Atatürk'e göre Türk olmak

“Pişmiş aşa su katmak!” ..Başbakanlığın, bir danışma kurulunun veya çalışma gurubunun,” raporunun” vahameti ,olayın ciddiyeti karşısında bu tabir hafif kalıyor…

Ama durum aynen bu; içimizden ve dışımızdan birileri aynen bunu yapıyorlar, “Pandora” kutusunu açıp içinden solucanları üzerimize salıyorlar; Türkiye de etnik guruplar , zaten Osmanlı’nın hoşgörüsüyle , birlikte yaşıyorlardı. Ancak bunların çoğu ,Hıristiyan olanları, sonra kendilerini ayrımcılık havasına kaptırdılar , Osmanlı aydınlarının “Osmanlıcılık idealine ve kavramına ihanet ettiler. Bu ihanet 1919 da başka bır boyu kazandı,, o zamana kadar et-tırnak olan Kürtler dahi bağımsızlık talep ettiler.


SEVR VE LOZAN


Zamanın Osmanlı Hükümetinin boyun eğmesi , hatta imzasıyla, Sevr Antlaşması gereği , Türkiye’ bölünecek ,parçalanacak, Türk- Türk-Müslüman unsurlar Anadolu’ya sıkıştırılacaktı! Ne var ki Mustafa Kemal’in önderliğiyle yapılan Kurtuluş ve Bağımsızlık Mücadelesiyle , Sevr ret edildi..

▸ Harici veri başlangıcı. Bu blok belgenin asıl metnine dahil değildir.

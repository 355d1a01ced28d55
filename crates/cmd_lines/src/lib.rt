// The command `lines`: replays a trace with polling put in, and writes the lines that come of it; from a file or from standard input, of any length.
#![tactic(auto)]

ghost use Rattle.std.specs.Prelude.{◌≡◌, min};

use console::command::Command;
use console::message::say_line;
use console::output::{Out, flush};
use console::status::Status;
use ending::{status, stop_line};
use files::command::Command as Given;
use files::message::{fail, say, say_of};
use files::origin::Origin;
use files::system::{Sink, System};
use piece::Wanted;
use std::io::Error;
use tool_lines::line::Outcome;

mod calls;
mod ending;
mod piece;
mod stream;
mod told;

// What is said of the end, at a place of the trace in bytes.
fn say_end(told: Outcome, place: u64) {
    match told {
        Outcome::Ended => {}
        Outcome::Stopped(why) => say_line(b"lines", stop_line(why, place)),
        Outcome::Refused(_) => say(b"lines", b"refusal 1, the period is not 1 to 65535\n"),
        Outcome::Nothing => say(b"lines", b"trace too long\n"),
        Outcome::Handed(_, _) => say(b"lines", b"trace too long\n"),
        Outcome::Dropped(_, _) => say(b"lines", b"trace too long\n"),
    }
}

// Writes what waits; whether it could not be written, which is said.
fn write_rest(to: &Sink, out: Out, err: &Sink, notes: Out, lines: &[u8], words: &[u8]) -> bool {
    let said = flush(err, notes, words);
    let written = flush(to, out, lines);
    if written.failed {
        fail(b"lines", b"standard output", to.error());
    }
    written.failed | said.failed
}

fn play<R: System>(rt: &R, wanted: Wanted, from: &Origin, name: &[u8]) -> Status {
    let output = Sink::output(rt);
    let errors = Sink::error_output(rt);
    let mut lines = io::large_buffer();
    let mut words = io::buffer();
    let e = stream::play_all(rt, wanted, from, &output, &errors, &mut lines, &mut words);
    if let Some(why) = e.unread {
        fail(b"lines", name, why);
    }
    let unwritten = write_rest(&output, e.lines, &errors, e.words, &lines, &words);
    if e.unread.is_some() | unwritten {
        return Status::Failed;
    }
    let told = e.told;
    say_end(told, e.place);
    status(told, e.dropped)
}

// A period that is too large for any call stays too large.
fn at_most(k: u64) -> u32
    ensures { result ≡ min k 65536 }
{
    k.min(65536) as u32
}

// The trace that the second word of the command names.
fn open<R: System>(rt: &R, from: usize, wanted: Wanted) -> Status {
    let mut name = io::buffer();
    let Some(input) = files::input::open_from(rt, from, b"lines", 1, &mut name) else {
        return Status::Failed;
    };
    play(rt, wanted, &input.from, &name[..input.name])
}

// The period that the first word names.
fn by_period<R: System>(rt: &R, from: usize, noise: bool) -> Status {
    let mut word = io::buffer();
    let n = files::command::named_word(rt, from, 0, &mut word);
    let Some(k) = text::number::parse_number(&word[..n]) else {
        say_of(b"lines", b"no number: ", &word[..n]);
        return Status::Failed;
    };
    open(
        rt,
        from,
        Wanted {
            period: at_most(k),
            noise,
        },
    )
}

// Its name, what may stand on its line, what it says of itself and what it does.
struct LinesCommand;

impl Command for LinesCommand {
    const NAME: &'static [u8] = b"lines";

    const FIRST: &'static [u8] = b"--noise";

    const LEAST: usize = 1;

    const MOST: usize = 2;

    const USAGE: &'static [u8] = b"usage: lines [--noise] PERIOD [TRACE]\n";

    const HELP: &'static [u8] = b"\
Replays a trace on a module fresh from reset, with polling put in: after every PERIOD
clocks (1 to 65535) since the start or a reset, status is read, and data if RDRF or OR
showed. Delivered words, their low 7 bits, are gathered into lines that end with a
newline. A line of up to 128 characters is written to standard output. Without TRACE, or
with -, it reads standard input.

  lines 10485 trace.bin          polled every 500 us at 20.97 MHz

A line is never handed over with a character lost or damaged: it is dropped, and standard
error has its number, from 0 over all lines that ended, and the first cause:
  FE, PF, NF   a word came with a framing error, a parity error or noise
  length       more than 128 characters before the newline
  OR           an overrun: a character was lost

With --noise standard error has for each line that ended, dropped or not, its number and
the noise figures of its words, the newline among them: the total and the worst. A line
that is handed over has none above 0.
  line 2: noise total 5, worst 3

A line that is not finished at the end, at a stop or at a reset is forgotten. A stop is said
on standard error, with its place in bytes:
  3   an access of the trace touches SCSR or SCDR, which polling is to read
  5   unknown record kind
  6   record cut by the end of the trace
  10  hold that would pass 2^64 - 1 clocks since reset

Exit status: 0 no line was dropped, 1 a line was dropped or the trace stopped, 2 could not be done.
";

    ghost LEAST = { 1 };

    ghost MOST = { 2 };

    fn answer<R: System>(rt: &R, from: usize, c: Given) -> Status {
        by_period(rt, from, c.option)
    }
}

// The command, whose words begin at an argument.
pub fn run<R: System>(rt: &R, from: usize) -> Status {
    console::command::run::<LinesCommand, R>(rt, from)
}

Lozan Antlaşmasıyla ,yeni Türk Devletinin ve ülkesi ve milletiyle bölünmez bütünlüğü uluslar arası , tescil edildi.Hiç kuşku olmasın; AB ,Avrupalılar ,ve maksatlarını onlarla birleştirmiş olanların istedikleri SEVR’İ canlandırmak, Türkiye’yi, güçsüz bir vasal ülke haline getirmektir. Sevr bir “paranoya “ değildir.Altında yatan sebep de ,bugün modern kisve altındaki “ Türk korkusudur” ..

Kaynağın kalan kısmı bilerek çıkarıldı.